In hindsight, China’s one-child policy was a misjudged and overly extreme precaution. That said, despite its impact on the country’s fertility rate, there are several other factors at play. Eradicating the policy was a clear and positive step in combatting this demographic crisis, but it is by no means definitive.
A lot of work must be done to help drive China’s fertility rate above the necessary threshold. In the short term, this involves the development of the IVF industry, which means increasing the number of both state-run and private clinics to meet soaring demand. To help with this undeniably arduous task, easing restrictions on foreign entities entering the market would be hugely beneficial.
In hindsight, China’s one-child policy was a misjudged and overly extreme precaution
In the meantime, legalising more complex treatments and procedures will help more couples to conceive, particularly those who are unable to afford treatment abroad.

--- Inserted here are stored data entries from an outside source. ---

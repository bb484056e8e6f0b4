//! What is done at the parts of declarations and modules.

ghost use Rattle.std.specs.List.{flat_map};
ghost use Rattle.wesl_visit_children.specs.Turns.{CalledInTurn};
ghost use Rattle.wesl_visit_children.specs.Parts.{in_alias, in_declaration_node, in_directive, in_function, in_import, in_member, in_member_node, in_parameter, in_struct, in_typed, parts_in_declaration, parts_in_unit};

use crate::meet::{meet_attributes, meet_optional_type, meet_type};
use crate::meet_statements::{meet_block, meet_const_assert, meet_declared};
use crate::read_parts::ReadParts;
use wgsl_declarations::{
    FormalParameter, Function, GlobalDeclaration, GlobalDeclarationNode, GlobalDirective,
    ImportStatement, Struct, StructMember, StructMemberNode, TranslationUnit, TypeAlias,
};
use wgsl_expressions::{AttributeNode, TypeExpression};

/// Meets the parts of attributes and in the type behind them.
fn meet_typed<W: ReadParts>(
    attributes: &[AttributeNode],
    ty: &TypeExpression,
    w: &mut W,
) -> Result<(), W::Refusal>
    requires { W.ready w.old }
    ensures met { CalledInTurn W.at w.old (in_typed attributes.now ty.now) result w.new }
    ensures ready { W.ready w.new }
{
    meet_attributes(attributes, w)?;
    meet_type(ty, w)
}

/// Meets the parts of `alias`.
fn meet_alias<W: ReadParts>(x: &TypeAlias, w: &mut W) -> Result<(), W::Refusal>
    requires { W.ready w.old }
    ensures met { CalledInTurn W.at w.old (in_alias x.now) result w.new }
    ensures ready { W.ready w.new }
{
    meet_typed(&x.attributes.as_slice(), &x.ty, w)
}

/// Meets the parts of a member.
fn meet_member<W: ReadParts>(x: &StructMember, w: &mut W) -> Result<(), W::Refusal>
    requires { W.ready w.old }
    ensures met { CalledInTurn W.at w.old (in_member x.now) result w.new }
    ensures ready { W.ready w.new }
{
    meet_typed(&x.attributes.as_slice(), &x.ty, w)
}

/// Meets the parts of members, one by one.
fn meet_members<W: ReadParts>(members: &[StructMemberNode], w: &mut W) -> Result<(), W::Refusal>
    requires { W.ready w.old }
    ensures met { CalledInTurn W.at w.old (flat_map in_member_node members.now) result w.new }
    ensures ready { W.ready w.new }
{
    for member in members {
        meet_member(member.node(), w)?;
    }
    Ok(())
}

/// Meets the parts of a structure.
fn meet_struct<W: ReadParts>(x: &Struct, w: &mut W) -> Result<(), W::Refusal>
    requires { W.ready w.old }
    ensures met { CalledInTurn W.at w.old (in_struct x.now) result w.new }
    ensures ready { W.ready w.new }
{
    meet_attributes(&x.attributes.as_slice(), w)?;
    meet_members(&x.members.as_slice(), w)
}

/// Meets the parts of a parameter.
fn meet_parameter<W: ReadParts>(x: &FormalParameter, w: &mut W) -> Result<(), W::Refusal>
    requires { W.ready w.old }
    ensures met { CalledInTurn W.at w.old (in_parameter x.now) result w.new }
    ensures ready { W.ready w.new }
{
    meet_typed(&x.attributes.as_slice(), &x.ty, w)
}

/// Meets the parts of parameters, one by one.
fn meet_parameters<W: ReadParts>(
    parameters: &[FormalParameter],
    w: &mut W,
) -> Result<(), W::Refusal>
    requires { W.ready w.old }
    ensures met { CalledInTurn W.at w.old (flat_map in_parameter parameters.now) result w.new }
    ensures ready { W.ready w.new }
{
    for parameter in parameters {
        meet_parameter(parameter, w)?;
    }
    Ok(())
}

/// Meets the parts of a function.
fn meet_function<W: ReadParts>(x: &Function, w: &mut W) -> Result<(), W::Refusal>
    requires { W.ready w.old }
    ensures met { CalledInTurn W.at w.old (in_function x.now) result w.new }
    ensures ready { W.ready w.new }
{
    meet_attributes(&x.attributes.as_slice(), w)?;
    meet_parameters(&x.parameters.as_slice(), w)?;
    meet_attributes(&x.return_attributes.as_slice(), w)?;
    meet_optional_type(&x.return_type, w)?;
    meet_block(&x.body, w)
}

/// Meets the parts of a declaration.
pub fn meet_declaration<W: ReadParts>(
    declaration: &GlobalDeclaration,
    w: &mut W,
) -> Result<(), W::Refusal>
    requires { W.ready w.old }
    ensures met { CalledInTurn W.at w.old (parts_in_declaration declaration.now) result w.new }
    ensures ready { W.ready w.new }
{
    match declaration {
        GlobalDeclaration::Void => Ok(()),
        GlobalDeclaration::Declaration(x) => meet_declared(x, w),
        GlobalDeclaration::TypeAlias(x) => meet_alias(x, w),
        GlobalDeclaration::Struct(x) => meet_struct(x, w),
        GlobalDeclaration::Function(x) => meet_function(x, w),
        GlobalDeclaration::ConstAssert(x) => meet_const_assert(x, w),
    }
}

/// Meets the parts of declarations, one by one.
fn meet_declarations<W: ReadParts>(
    declarations: &[GlobalDeclarationNode],
    w: &mut W,
) -> Result<(), W::Refusal>
    requires { W.ready w.old }
    ensures met { CalledInTurn W.at w.old (flat_map in_declaration_node declarations.now) result w.new }
    ensures ready { W.ready w.new }
{
    for declaration in declarations {
        meet_declaration(declaration.node(), w)?;
    }
    Ok(())
}

/// Meets the parts of the attributes of an import.
fn meet_import<W: ReadParts>(x: &ImportStatement, w: &mut W) -> Result<(), W::Refusal>
    requires { W.ready w.old }
    ensures met { CalledInTurn W.at w.old (in_import x.now) result w.new }
    ensures ready { W.ready w.new }
{
    meet_attributes(&x.attributes.as_slice(), w)
}

/// Meets the parts of imports, one by one.
fn meet_imports<W: ReadParts>(imports: &[ImportStatement], w: &mut W) -> Result<(), W::Refusal>
    requires { W.ready w.old }
    ensures met { CalledInTurn W.at w.old (flat_map in_import imports.now) result w.new }
    ensures ready { W.ready w.new }
{
    for import in imports {
        meet_import(import, w)?;
    }
    Ok(())
}

/// Meets the parts of the attributes of a directive.
fn meet_directive<W: ReadParts>(directive: &GlobalDirective, w: &mut W) -> Result<(), W::Refusal>
    requires { W.ready w.old }
    ensures met { CalledInTurn W.at w.old (in_directive directive.now) result w.new }
    ensures ready { W.ready w.new }
{
    match directive {
        GlobalDirective::Diagnostic(x) => meet_attributes(&x.attributes.as_slice(), w),
        GlobalDirective::Enable(x) => meet_attributes(&x.attributes.as_slice(), w),
        GlobalDirective::Requires(x) => meet_attributes(&x.attributes.as_slice(), w),
    }
}

/// Meets the parts of directives, one by one.
fn meet_directives<W: ReadParts>(
    directives: &[GlobalDirective],
    w: &mut W,
) -> Result<(), W::Refusal>
    requires { W.ready w.old }
    ensures met { CalledInTurn W.at w.old (flat_map in_directive directives.now) result w.new }
    ensures ready { W.ready w.new }
{
    for directive in directives {
        meet_directive(directive, w)?;
    }
    Ok(())
}

/// Meets the parts of a module.
pub fn meet_unit<W: ReadParts>(unit: &TranslationUnit, w: &mut W) -> Result<(), W::Refusal>
    requires { W.ready w.old }
    ensures met { CalledInTurn W.at w.old (parts_in_unit unit.now) result w.new }
    ensures ready { W.ready w.new }
{
    meet_imports(&unit.imports.as_slice(), w)?;
    meet_directives(&unit.global_directives.as_slice(), w)?;
    meet_declarations(&unit.global_declarations.as_slice(), w)
}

Similarly, making egg-freezing legal for single women – especially given the global trend for women to have children later in life as they devote more time to education and their careers – would also provide a boost. Finally, cracking down on unregulated clinics would improve patient safety and trust in the beleaguered system.
In the longer term, China can introduce policies that are beneficial for young families, such as better maternity and paternity leave, along with provisions for cheaper, more widely available childcare.
Such measures are crucial as China continues on its path of economic development, which will inevitably see the cost of living rise. The task is both great and complex, but its success is absolutely vital if China is to secure the future that it has set out for itself.